Inmate No. 3 of the Proserpine.
The Proserpine Reformatory couldn’t reform James Duffy. Unfortunately, nothing could. The son of a colourful ticket of leave man, young James led a life of petty crime and misadventure.
James was born in Brisbane on 22 July at 1856, the third son of Timothy Duffy and Catherine Fahey. His father was 53, and had been transported for life in 1822. A hard-won ticket of leave in 1844 gave Timothy Duffy the right to live in (and not leave, please and thank you very much), Moreton Bay.
Duffy senior took up work as a fisherman, in between Court appearances for using “obscene and profane language” at the merest provocation. Perhaps not the most gracious of households, but the other Duffy children managed to avoid similar fates.
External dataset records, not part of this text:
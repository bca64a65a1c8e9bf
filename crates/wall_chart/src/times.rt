// Minutes and days as a chart writes them.
ghost use Rattle.std.specs.Prelude.{◌≡◌, ◌≤◌, ◌<◌, ◌*◌, ◌++◌, OnOk, decimal};
ghost use Rattle.apron_rules.specs.declared.limits.TheConstants.{MAX_DAYS};
ghost use Rattle.mvt_grammar.specs.Canonical.{two_text};
ghost use Rattle.plan_lists.specs.Days.{day_start};
ghost use Rattle.wall_chart.specs.Times.{hour_and_minute, span_text, time_text};

use apron_base::{Memory, Minute};
use itoa::Buffer;
use plan_lists::DAY_LENGTH;

/// The first minute of a day of a plan.
pub(crate) fn day_start(day: u32) -> Minute
    requires first { 1 ≤ day }
    requires last { day ≤ MAX_DAYS }
    ensures is { result ≡ day_start day }
    ensures early { result < 1440 * MAX_DAYS }
{
    DAY_LENGTH * (day - 1)
}

/// Writes a number at the end, in decimal digits. At `Err` memory has run out.
pub fn push_number(text: &mut Vec<u8>, number: u32) -> Result<(), Memory>
    ensures text { OnOk result (text.new.items ≡ text.old.items ++ decimal number) }
{
    if number < 10 {
        return push_digit(text, number);
    }
    text.extend_from_slice(Buffer::new().format(number).as_bytes())?;
    Ok(())
}

// Days and parts are numbers of one digit, nearly all of them.
fn push_digit(text: &mut Vec<u8>, number: u32) -> Result<(), Memory>
    requires small { number < 10 }
    ensures text { OnOk result (text.new.items ≡ text.old.items ++ decimal number) }
{
    text.push(b'0' + number as u8)?;
    Ok(())
}

/// Writes a number below 100 at the end, in two digits.
pub(crate) fn push_two(text: &mut Vec<u8>, number: u32) -> Result<(), Memory>
    requires small { number < 100 }
    ensures text { OnOk result (text.new.items ≡ text.old.items ++ two_text number) }
{
    text.push(b'0' + (number / 10) as u8)?;
    text.push(b'0' + (number % 10) as u8)?;
    Ok(())
}

fn push_hour_and_minute(text: &mut Vec<u8>, minute: u32) -> Result<(), Memory>
    requires small { minute < 1440 }
    ensures text { OnOk result (text.new.items ≡ text.old.items ++ hour_and_minute minute) }
{
    push_two(text, minute / 60)?;
    push_two(text, minute % 60)
}

/// Writes the day, counted from 1, and the clock time of a minute at the end, as `DAY/HHMM`. The
/// minute counts from 00:00 UTC of the plan's first day. At `Err` memory has run out.
pub fn push_time(text: &mut Vec<u8>, minute: Minute) -> Result<(), Memory>
    ensures text { OnOk result (text.new.items ≡ text.old.items ++ time_text minute) }
{
    push_number(text, minute / DAY_LENGTH + 1)?;
    text.push(b'/')?;
    push_hour_and_minute(text, minute % DAY_LENGTH)
}

/// Writes two minutes at the end, the first to the second.
pub(crate) fn push_span(text: &mut Vec<u8>, from: Minute, to: Minute) -> Result<(), Memory>
    ensures text { OnOk result (text.new.items ≡ text.old.items ++ span_text from to) }
{
    push_time(text, from)?;
    text.push(b'-')?;
    push_time(text, to)
}
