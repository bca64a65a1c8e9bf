// The slots of a day, and which minutes they are held.
ghost use Rattle.std.specs.Prelude.{◌≡◌, ◌≤◌, ◌<◌, ◌+◌, ◌^◌, ◌++◌, All, IfOk, OnOk, filter, option_to_list};
ghost use Rattle.apron_rules.specs.declared.limits.TheConstants.{MAX_DAYS};
ghost use Rattle.visit_book.specs.Slots.{slots_of, slots_of_visit};
ghost use Rattle.visit_book.specs.WellFormed.{IsWellFormed};
ghost use Rattle.plan_lists.specs.Days.{minutes_from, minutes_of_day};
ghost use Rattle.wall_chart.specs.Alarms.{is_actual_on};
ghost use Rattle.wall_chart.specs.Cells.{is_held_at_some};

use crate::times::day_start;
use apron_base::{Memory, Minute, Slot};
use apron_rules::Airport;
use plan_lists::DAY_LENGTH;
use std::alloc::Global;
use visit_book::{Visit, slot_of};

/// The actual slots of the visits that are held at some minute of the day, in order of the visits
/// and of their parts. The only error is a lack of memory.
pub(crate) fn actual_slots(
    alloc: Global,
    airport: &Airport,
    visits: &[Visit],
    day: u32,
) -> Result<Vec<Slot>, Memory>
    requires each { All (IsWellFormed airport.now) visits.now }
    requires first { 1 ≤ day }
    requires last { day ≤ MAX_DAYS }
    ensures are { IfOk result
        (λ slots. slots.items ≡ filter (is_actual_on day) (slots_of airport.now visits.now)) }
{
    let mut slots = Vec::new(alloc);
    for visit in visits {
        push_slots_of_visit(airport, &mut slots, visit)?;
    }
    slots.retain(|slot| is_actual_on(day, slot));
    Ok(slots)
}

fn is_actual_on(day: u32, slot: &Slot) -> bool
    requires first { 1 ≤ day }
    requires last { day ≤ MAX_DAYS }
    ensures is { result ≡ is_actual_on day slot.now }
{
    slot.actual && is_held_on(slot, day)
}

fn is_held_on(slot: &Slot, day: u32) -> bool
    requires first { 1 ≤ day }
    requires last { day ≤ MAX_DAYS }
    ensures is { result ≡ is_held_at_some (minutes_of_day day) slot.now }
{
    is_held_at_some(slot, day_start(day), DAY_LENGTH)
}

fn push_slots_of_visit(
    airport: &Airport,
    slots: &mut Vec<Slot>,
    visit: &Visit,
) -> Result<(), Memory>
    requires valid { IsWellFormed airport.now visit.now }
    ensures ok { OnOk result
        (slots.new.items ≡ slots.old.items ++ slots_of_visit airport.now visit.now) }
{
    let parts = visit.parts.as_slice();
    for index in 0..parts.len() {
        push_slot(
            slots,
            slot_of(airport, visit, index as u8 + 1, &parts[index]),
        )?;
    }
    Ok(())
}

fn push_slot(slots: &mut Vec<Slot>, slot: Option<Slot>) -> Result<(), Memory>
    ensures ok { OnOk result (slots.new.items ≡ slots.old.items ++ option_to_list slot) }
{
    if let Some(slot) = slot {
        slots.push(slot)?;
    }
    Ok(())
}

/// Whether the slot is held at some of this many minutes from this one on.
pub(crate) fn is_held_at_some(slot: &Slot, from: Minute, count: u32) -> bool
    requires fits { from + count < 2 ^ 32 }
    ensures is { result ≡ is_held_at_some (minutes_from from count) slot.now }
{
    slot.from.max(from) < slot.end.min(from + count)
}
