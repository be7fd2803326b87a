//! Reads a source line by line, in large pieces.
ghost use Rattle.std.specs.Prelude.{◌≡◌, ◌≢◌, ◌≤◌, ◌<◌, ◌++◌, ◌∷◌, [], List, ℕ, Option, Some, Ok, Err, IfOk, OnOk, OnErr, take, drop, length, slice_index, All, true, false};
ghost use Rattle.std.specs.Io.KnownBytes.{prepend_known, Consumes, Keeps, IsAtEnd};
ghost use Rattle.mega_base.specs.Causes.{Rose};

use crate::source::{Failed, Source};
use mega_base::{Bytes, NoMemory};
use std::alloc::Global;
use std::marker::Model;

/// How many bytes are read at once.
const CHUNK: usize = 65_536;

/// What a line ended with.
#[derive(Clone, Copy, PartialEq, Debug, Drop)]
pub enum Ended {
    /// A line feed, which is not of the line.
    Feed,
    /// The end of the input.
    Input,
    /// Nothing yet: it is longer than a line may be, and read so far.
    Long,
}

/// Why no line was read.
#[derive(Clone, Copy, PartialEq, Debug, Drop)]
pub enum LineError {
    /// A call of the source failed.
    Failed,
    /// An allocation was refused.
    NoMemory,
}

/// How many bytes stand before the first line feed, or in all where there is none.
fn unbroken_length(bytes: &[u8]) -> usize
    ensures bound { result ≤ length bytes.now }
    ensures unbroken { All (λ byte. byte ≢ 10) (take result bytes.now) }
    ensures feed { result < length bytes.now → slice_index bytes.now result ≡ 10 }
{
    for (index, byte) in bytes.iter().enumerate() {
        if *byte == b'\n' {
            return index;
        }
    }
    bytes.len()
}

/// Reads a source line by line, in large pieces. Contracts see the bytes that were read and belong to
/// no line yet.
#[derive(Drop)]
pub struct LineReader {
    chunk: Vec<u8>,
    filled: usize,
    at: usize,
}

impl Model for LineReader {
    ghost use Rattle.std.specs.Prelude.{List, ℕ, ◌≤◌, ◌<◌, drop, take, length};

    ghost Value = { List ℕ };

    ghost view = { λ r. drop r.at (take r.filled r.chunk.items) };

    ghost invariant = { λ r. (r.at ≤ r.filled) × (r.filled ≤ length r.chunk.items) × (0 < length r.chunk.items) };
}

impl LineReader {
    ghost use Rattle.mega_io.specs.TextLines.{BreaksOff, ReadsLine, IsUnbroken, ReadsPart};

    /// A reader that has read nothing yet.
    pub fn new(alloc: Global) -> Result<LineReader, NoMemory>
        ensures { IfOk result (λ reader. reader ≡ []) }
    {
        let chunk = vec![in alloc; 0u8; CHUNK]?;
        Ok(LineReader {
            chunk,
            filled: 0,
            at: 0,
        })
    }

    /// Reads the next piece of the source where none is left of the last one, and tells whether some
    /// byte is there now.
    fn refill<I: Source>(&mut self, source: &mut I) -> Result<bool, Failed>
        ensures kept { Keeps (prepend_known self.old (I.left source.old)) (prepend_known self.new (I.left source.new)) }
        ensures end { result ≡ Ok false → (self.new ≡ []) × IsAtEnd (I.left source.new) }
        ensures none { OnErr result (self.new ≡ []) }
        ensures cause { OnErr result (Rose (I.faults source.old) (I.faults source.new)) }
        ensures count { I.faults source.old ≤ I.faults source.new }
    {
        if self.at < self.filled {
            return Ok(true);
        }
        let count = source.read(&mut self.chunk)?;
        self.at = 0;
        self.filled = count;
        Ok(0 < count)
    }

    /// Moves the bytes that are there into the line, up to a line feed, and tells whether there was one.
    fn take_front(&mut self, line: &mut Bytes) -> Result<bool, NoMemory>
        ensures part { IfOk result (λ broken. ReadsPart self.old self.new line.old line.new broken) }
    {
        let (front, _) = self.chunk.as_slice().split_at(self.filled);
        let (_, rest) = front.split_at(self.at);
        let length = unbroken_length(rest);
        let (part, _) = rest.split_at(length);
        line.extend_from_slice(part)?;
        if length == rest.len() {
            self.at = self.filled;
            return Ok(false);
        }
        self.at += length + 1;
        Ok(true)
    }

    /// Reads the next line into `line`, which is emptied before. A line of more than `most` bytes is
    /// not read to its end. `Failed` comes only where the source's count of faults rose; then what was read
    /// and not given yet has no line feed, and is in `line`.
    pub fn next_line<I: Source>(
        &mut self,
        source: &mut I,
        line: &mut Bytes,
        most: usize,
    ) -> Result<Ended, LineError>
        ensures line { IfOk result (ReadsLine most (prepend_known self.old (I.left source.old)) (prepend_known self.new (I.left source.new)) line.new) }
        ensures fault { result ≡ Err LineError.Failed → BreaksOff (prepend_known self.old (I.left source.old)) self.new (I.left source.new) line.new }
        ensures cause { result ≡ Err LineError.Failed → Rose (I.faults source.old) (I.faults source.new) }
        ensures count { I.faults source.old ≤ I.faults source.new }
    {
        line.clear();
        for _ in 0..u64::MAX {
            match self.refill(source) {
                Ok(true) => {}
                Ok(false) => return Ok(Ended::Input),
                Err(_) => return Err(LineError::Failed),
            }
            match self.take_front(line) {
                Ok(broken) => {
                    if line.len() > most {
                        return Ok(Ended::Long);
                    }
                    if broken {
                        return Ok(Ended::Feed);
                    }
                }
                Err(_) => return Err(LineError::NoMemory),
            }
        }
        Err(LineError::NoMemory)
    }
}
Petty Crime and Punishment
Young James was 14 years old when he was sentenced to three years in the Industrial School and Reformatory, and on his third conviction for dishonesty. Short stays in adult goals hadn’t deterred him at all, and he was brought before the Bench for stealing a desk and its contents from respectable Mr Thynne at Kangaroo Point. James was not a criminal mastermind, and managed to be seen in broad daylight by several witnesses, including a lifelong acquaintance, in possession of the desk.
In April 1871, he boarded the Proserpine, his appearance recorded as “fair complexion, grey eyes and dark hair” and served two years of his sentence. He then traded life on board a stationary ship for life on board his father’s fishing boat.
“A lad named James Duffy, son of Mr. Timothy Duffy, fisherman, of Kangaroo Point, met with a very painful accident on board the pilot cutter Spitfire, on Friday last. It appears that it is the custom, when the vessel is at anchor, for the men to procure a supply of fish by means of small torpedoes, which, on being lighted and thrown into the water, kill all the fish within a radius of several yards. At about 11 a.m. on the day named, when the cutter was moored off the Pilot Station, Moreton Island, Duffy ignited the fuse of one of these torpedoes, and, it seems, did not throw it into the water sufficiently quick, for it exploded while being held in his hand. All the fingers of the right hand, in which he was holding the explosive, were completely blown off, the left hand was considerably shattered, and his face more or less injured- one eye having a very narrow escape from a wound inflicted upon the temple. The wounds were dressed as well as possible under the circumstances, and a telegram was at once sent up to Captain Wyborn, who despatched the new pilot steamer to bring the sufferer to Brisbane. The steamer returned to town about 2 o’clock on Saturday morning, and the lad was conveyed, to the hospital, where he was received in a very precarious state, having been rendered exceedingly weak from loss of blood. By prompt attention, however, he was sufficiently restored to have his wounds properly dressed, and he is now, we believe, progressing favourably.” Brisbane Courier (Qld. : 1864 – 1933), Monday 3 August 1874, page 2
So much for honest work.
In 1875, Duffy returned to theft, the Courts and Brisbane Gaol. This time, he stole a £1 note from the purse of a friend’s wife. The accused claimed the charge was laid as a result of a falling-out with his friend, but Duffy was the only person with access to the purse during the time the offence was committed. Six months in prison seemed a bit steep for one pound, but Duffy had form.

Brisbane Gaol was starting to record its prisoners with photographs in 1875, and here is James Duffy at 19, all tousled hair and moustaches, covering the missing part of one hand by holding his hat in front. Everything about his dress and grooming screamed “Larrikin.”
The Big Steal
On 24 October 1879, Duffy decided that he was going for “the big one.” He recruited some like-minded individuals for a job on a printer’s shop in Telegraph Lane. His connections had dropped some information about a safe, in need of repair, that contained around £100!

It turned out to be a bit harder to get into the “broken” safe than anticipated, and the great criminal mastermind legged it with the £4 the safe actually contained, and some pieces of paper. Needless to say, he was caught. Needless to say, he was imprisoned. For three years.
Timothy Duffy passed away at the age of 72 that year. His land and property did not go to his third son – however much James might have longed for a windfall.
A new life in Sydney
On release, James Duffy headed to New South Wales and fetched up in Liverpool, Sydney. Misfortune followed. Duffy shared his digs with a much older, married woman named Annie Overill, described as a “woman of very intemperate habits.” One evening in September 1883, Duffy returned home from a day’s work as a hawker, and found Annie dead on the front room sofa. The cause of death was severe apoplexy.
In January 1884, Duffy pled guilty to having no visible means of support, and was given one month with hard labour. Around the time the sentence was due to finish, James Duffy, aged 27, was admitted to the Liverpool Asylum for the Infirm and Destitute. He died there on 21 March, 1884.